Task brief: Pull out every line below that holds the word "Appends".

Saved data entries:

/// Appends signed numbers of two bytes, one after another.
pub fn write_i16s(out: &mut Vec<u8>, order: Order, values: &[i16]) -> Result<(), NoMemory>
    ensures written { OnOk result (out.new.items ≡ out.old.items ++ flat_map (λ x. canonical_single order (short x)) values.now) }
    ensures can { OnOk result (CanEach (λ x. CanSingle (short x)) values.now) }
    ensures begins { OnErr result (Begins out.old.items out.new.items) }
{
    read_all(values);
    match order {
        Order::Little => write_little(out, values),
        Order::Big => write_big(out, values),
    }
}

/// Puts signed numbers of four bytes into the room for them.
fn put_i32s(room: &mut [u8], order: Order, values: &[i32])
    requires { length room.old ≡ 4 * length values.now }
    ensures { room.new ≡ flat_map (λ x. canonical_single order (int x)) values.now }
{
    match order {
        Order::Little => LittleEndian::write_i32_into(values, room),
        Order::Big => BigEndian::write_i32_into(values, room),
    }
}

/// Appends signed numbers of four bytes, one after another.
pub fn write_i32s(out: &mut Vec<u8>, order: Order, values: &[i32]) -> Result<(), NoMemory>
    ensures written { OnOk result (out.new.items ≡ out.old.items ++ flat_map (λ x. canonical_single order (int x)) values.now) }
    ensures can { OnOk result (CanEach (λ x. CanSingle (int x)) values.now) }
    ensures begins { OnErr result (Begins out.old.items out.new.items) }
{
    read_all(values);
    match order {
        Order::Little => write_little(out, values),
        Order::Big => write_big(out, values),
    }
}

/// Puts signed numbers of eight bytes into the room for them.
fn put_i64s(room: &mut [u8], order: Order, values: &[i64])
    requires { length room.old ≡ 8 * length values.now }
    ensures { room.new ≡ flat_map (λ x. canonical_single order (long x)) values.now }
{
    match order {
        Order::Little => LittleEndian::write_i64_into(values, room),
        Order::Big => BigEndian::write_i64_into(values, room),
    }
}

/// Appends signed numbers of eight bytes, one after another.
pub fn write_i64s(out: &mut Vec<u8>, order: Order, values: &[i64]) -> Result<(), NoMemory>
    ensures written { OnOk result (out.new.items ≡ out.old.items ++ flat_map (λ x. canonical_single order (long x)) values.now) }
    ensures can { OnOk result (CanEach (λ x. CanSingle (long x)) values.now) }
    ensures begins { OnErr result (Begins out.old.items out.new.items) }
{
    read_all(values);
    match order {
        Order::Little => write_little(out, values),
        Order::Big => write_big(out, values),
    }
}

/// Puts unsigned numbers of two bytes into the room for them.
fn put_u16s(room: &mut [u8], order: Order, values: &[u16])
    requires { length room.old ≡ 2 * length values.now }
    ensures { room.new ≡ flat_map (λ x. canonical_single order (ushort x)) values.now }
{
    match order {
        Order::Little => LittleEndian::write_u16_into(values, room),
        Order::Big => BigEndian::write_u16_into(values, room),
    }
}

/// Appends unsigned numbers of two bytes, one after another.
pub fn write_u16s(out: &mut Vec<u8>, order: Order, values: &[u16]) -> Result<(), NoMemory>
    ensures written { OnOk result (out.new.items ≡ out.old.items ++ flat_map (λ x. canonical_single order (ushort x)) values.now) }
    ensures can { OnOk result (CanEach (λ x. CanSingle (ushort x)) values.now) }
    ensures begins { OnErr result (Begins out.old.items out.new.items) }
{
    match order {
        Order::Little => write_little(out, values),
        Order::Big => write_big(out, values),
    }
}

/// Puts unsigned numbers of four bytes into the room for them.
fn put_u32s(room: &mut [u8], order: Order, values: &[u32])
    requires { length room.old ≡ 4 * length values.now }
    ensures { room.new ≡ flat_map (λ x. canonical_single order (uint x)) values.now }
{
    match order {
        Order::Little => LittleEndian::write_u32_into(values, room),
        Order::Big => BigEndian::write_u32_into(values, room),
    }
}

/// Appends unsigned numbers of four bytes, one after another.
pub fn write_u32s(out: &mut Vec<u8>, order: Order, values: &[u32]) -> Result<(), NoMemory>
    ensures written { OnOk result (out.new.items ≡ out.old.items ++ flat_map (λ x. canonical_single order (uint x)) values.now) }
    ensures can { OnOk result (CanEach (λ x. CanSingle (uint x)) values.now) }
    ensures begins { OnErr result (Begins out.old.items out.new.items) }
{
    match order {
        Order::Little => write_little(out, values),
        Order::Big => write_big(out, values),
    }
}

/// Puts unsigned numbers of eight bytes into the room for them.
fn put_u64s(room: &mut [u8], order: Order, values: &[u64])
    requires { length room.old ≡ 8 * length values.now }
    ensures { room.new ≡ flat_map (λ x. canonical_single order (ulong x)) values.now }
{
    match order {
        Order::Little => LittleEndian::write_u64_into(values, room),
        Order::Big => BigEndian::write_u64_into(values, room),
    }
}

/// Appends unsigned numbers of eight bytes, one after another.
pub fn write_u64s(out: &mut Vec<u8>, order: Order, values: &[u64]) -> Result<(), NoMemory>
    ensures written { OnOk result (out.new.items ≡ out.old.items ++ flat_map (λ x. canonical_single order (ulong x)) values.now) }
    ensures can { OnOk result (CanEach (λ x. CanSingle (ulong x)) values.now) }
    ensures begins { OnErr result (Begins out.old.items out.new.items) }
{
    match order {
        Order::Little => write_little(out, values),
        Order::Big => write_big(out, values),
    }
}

Exercise answer:
/// Appends signed numbers of two bytes, one after another.
/// Appends signed numbers of four bytes, one after another.
/// Appends signed numbers of eight bytes, one after another.
/// Appends unsigned numbers of two bytes, one after another.
/// Appends unsigned numbers of four bytes, one after another.
/// Appends unsigned numbers of eight bytes, one after another.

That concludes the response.